Creativity and dissidence

Africa 39: New Writing from Africa; ed. Ellah Wakatama Allfrey, Bloomsbury, Rs.450.

Africa 39: New Writing from Africa; ed. Ellah Wakatama Allfrey, Bloomsbury, Rs.450.  


Moving stories of African cultural history, human cruelties and excesses of power.

Freedom was never easy for the Africans. Leadership at various times imposed its authority on the writer or co-opted him/her for its political agenda. However, writers at variance with the state ideology could not be silenced, and literature became an agency of dissidence.

For the young African writers, the problem was confronting what Wole Soyinka calls ‘the confusion of cultural transitions and mixed values’, a struggle to locate an ideological anchor in a world that is constantly undergoing new configurations and reconfigurations. Thus, the writer became the target of authoritarianism and its strategies of bringing ‘intellectual submission to the prevailing ideology’. In the last few decades, we have seen the rise of a creative consciousness and vibrant revolutionary dissident writing from Africa. Literature survived the constrictions of the mind, the shackles of prejudice and the nightmare of history.

For Shadrek Chikoti from Malawi, one of the 39 African writers featured in this volume, “African writers should be able to write whatever they want to write, because writing is liberating.” This was the spirit behind the Port Harcourt Book Fair held on October 21, 2014, when authors from across Africa and the Diaspora met in this Nigerian town. Moving from issues of tension and conflict within the domestic environment to civil war, from homosexuality to religion and the onset of western influence on Nigerian society, the extracts from novels, short stories, and fables create a moving story of African cultural history, of human cruelties and excesses of power.

“To denounce atrocities, to allegorise the unspeakable, to ridicule the perverse and puncture afflatus,” writes Soyinka is the cry of the writers that come together here. In Okwiri Oduor’s short story ‘Rag Doll’, we see the blending of the surreal and the childlike, the fantastic and the uncanny as a reaction to the threat of thuggery lurking in an unstable world where the mother and daughter make a living through what the ‘dust devil’ brings to them, often pain and sometimes new forebodings in the form of broken household items that the two can put to use. When the mother’s lover asks her name after making love to her, she “turns in the bed, so that she lies with her back to him. ‘My real name is the marks on my body,’ she says. ‘Call me by the chinks in my chin and the discolourations in my toenails. Call me Trembling Eyes. Call me Torn Ear’.”
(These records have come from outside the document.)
fn push_instance(
    text: &mut Vec<u8>,
    program: &Program,
    scope: Scope,
    predicate: u32,
    arguments: &[Expr],
) -> Result<(), AllocError>
    ensures { OnOk result (text.new.items ≡ text.old.items ++ expr_text (shown_instance program.now scope predicate (exprs_view arguments.now))) }
{
    push_call(
        text,
        program,
        scope,
        predicate_name(program, predicate),
        arguments,
    )
}

// What stands for no conjunct at all.
fn push_or_true(text: &mut Vec<u8>, conjuncts: &[Conjunct]) -> Result<(), AllocError>
    ensures { OnOk result (text.new.items ≡ text.old.items ++ or_true (conjuncts_view conjuncts.now)) }
{
    match conjuncts {
        [] => push(text, b"true"),
        [_, ..] => Ok(()),
    }
}

// One conjunct, behind what joins it to those before it.
#[cycle(conjuncts)]
fn push_conjunct(
    text: &mut Vec<u8>,
    program: &Program,
    scope: Scope,
    front: &[u8],
    conjunct: &Conjunct,
) -> Result<(), AllocError>
    ensures { OnOk result ((rest : Conjuncts) → text.new.items ++ parts_text program.now scope (codes " && ") rest ≡ text.old.items ++ parts_text program.now scope front.now (conjunct_view conjunct.now rest)) }
{
    push(text, front)?;
    match conjunct {
        Conjunct::Value(e) => push_within(text, program, scope, 8, e),
        Conjunct::Acc(path, field) => push_acc(text, program, scope, path, *field),
        Conjunct::Instance(_, predicate, arguments) => {
            push_instance(text, program, scope, *predicate, arguments.as_slice())
        }
        Conjunct::Choice(_, condition, these, those) => {
            push(text, b"(")?;
            push_within(text, program, scope, 10, condition)?;
            push(text, b" ? ")?;
            push_or_true(text, these.as_slice())?;
            push_parts(text, program, scope, b"", these.as_slice())?;
            push(text, b" : ")?;
            push_or_true(text, those.as_slice())?;
            push_parts(text, program, scope, b"", those.as_slice())?;
            push(text, b")")
        }
    }
}

// Conjuncts, joined by ` && `, the first behind what joins it to those before it.
#[cycle(conjuncts)]
fn push_parts(
    text: &mut Vec<u8>,
    program: &Program,
    scope: Scope,
    first_front: &[u8],
    conjuncts: &[Conjunct],
) -> Result<(), AllocError>
    ensures { OnOk result (text.new.items ≡ text.old.items ++ parts_text program.now scope first_front.now (conjuncts_view conjuncts.now)) }
{
    let mut front = first_front;
    for conjunct in conjuncts {
        push_conjunct(text, program, scope, front, conjunct)?;
        front = b" && ";
    }
    Ok(())
}

fn push_formula(
    text: &mut Vec<u8>,
    program: &Program,
    scope: Scope,
    formula: &Formula,
) -> Result<(), AllocError>
    ensures { OnOk result (text.new.items ≡ text.old.items ++ formula_text program.now scope (formula_view formula.now)) }
{
    let parts = formula.parts.as_slice();
    if formula.imprecise {
        push(text, b"?")?;
        push_parts(text, program, scope, b" && ", parts)
    } else {
        push_or_true(text, parts)?;
        push_parts(text, program, scope, b"", parts)
    }
}

/// The text of a formula of a program, with the names of a scope. `?` stands first, conjuncts are
/// joined by ` && `, and round each choice stand parentheses. A number that the program does not
/// have has no name.
pub fn print_formula(
    alloc: Global,
    program: &Program,
    scope: Scope,
    formula: &Formula,
) -> Result<Vec<u8>, AllocError>
    ensures text { IfOk result (λ bytes. bytes.items ≡ formula_text program.now scope (formula_view formula.now)) }
{
    let mut text = Vec::new(alloc);
    push_formula(&mut text, program, scope, formula)?;
    Ok(text)
}

/// The text of one conjunct of a program, as `print_formula` has it.
pub fn print_conjunct(
    alloc: Global,
    program: &Program,
    scope: Scope,
    conjunct: &Conjunct,
) -> Result<Vec<u8>, AllocError>
    ensures text { IfOk result (λ bytes. bytes.items ≡ conjunct_text program.now scope (conjunct_view conjunct.now)) }
{
    let mut text = Vec::new(alloc);
    push_conjunct(&mut text, program, scope, b"", conjunct)?;
    Ok(text)
}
‘The Banana Eater’ by Monica Arac is also a story of a mother and daughter who construct their own space by growing a garden in their backyard. In a world of patriarchal oppression, this amounts to an act of rebellion. Into the sanctity of that space stray vendors from a nearby market; an encroachment that the mother has to stand against.

Another story ‘Shivering’ by Chimamanda Ngozi Adichi is about a Nigerian woman and a man at Princeton who get friendly and share a common past of pain and longing. The story — apart from being about student life, immigration problems and rigid native customs — offers views on faith in adversity: “She wanted to tell him that life was a struggle with ourselves more than with a spear-wielding Satan; that belief was a choice for our conscience always to be sharpened.”

‘The Pink Oysters’ by Shafinaaz Hassim is about Afghan émigrés and Somali traders in Johannesburg. Ukamaka Olisakwe’s gripping ‘This Is How I Remember’ is about adolescent romance, deception and yearning. ‘Number 9’ by Nadifa Mohamed is about a Somalian woman searching for a man she has been dating on the web in the alien environment of London.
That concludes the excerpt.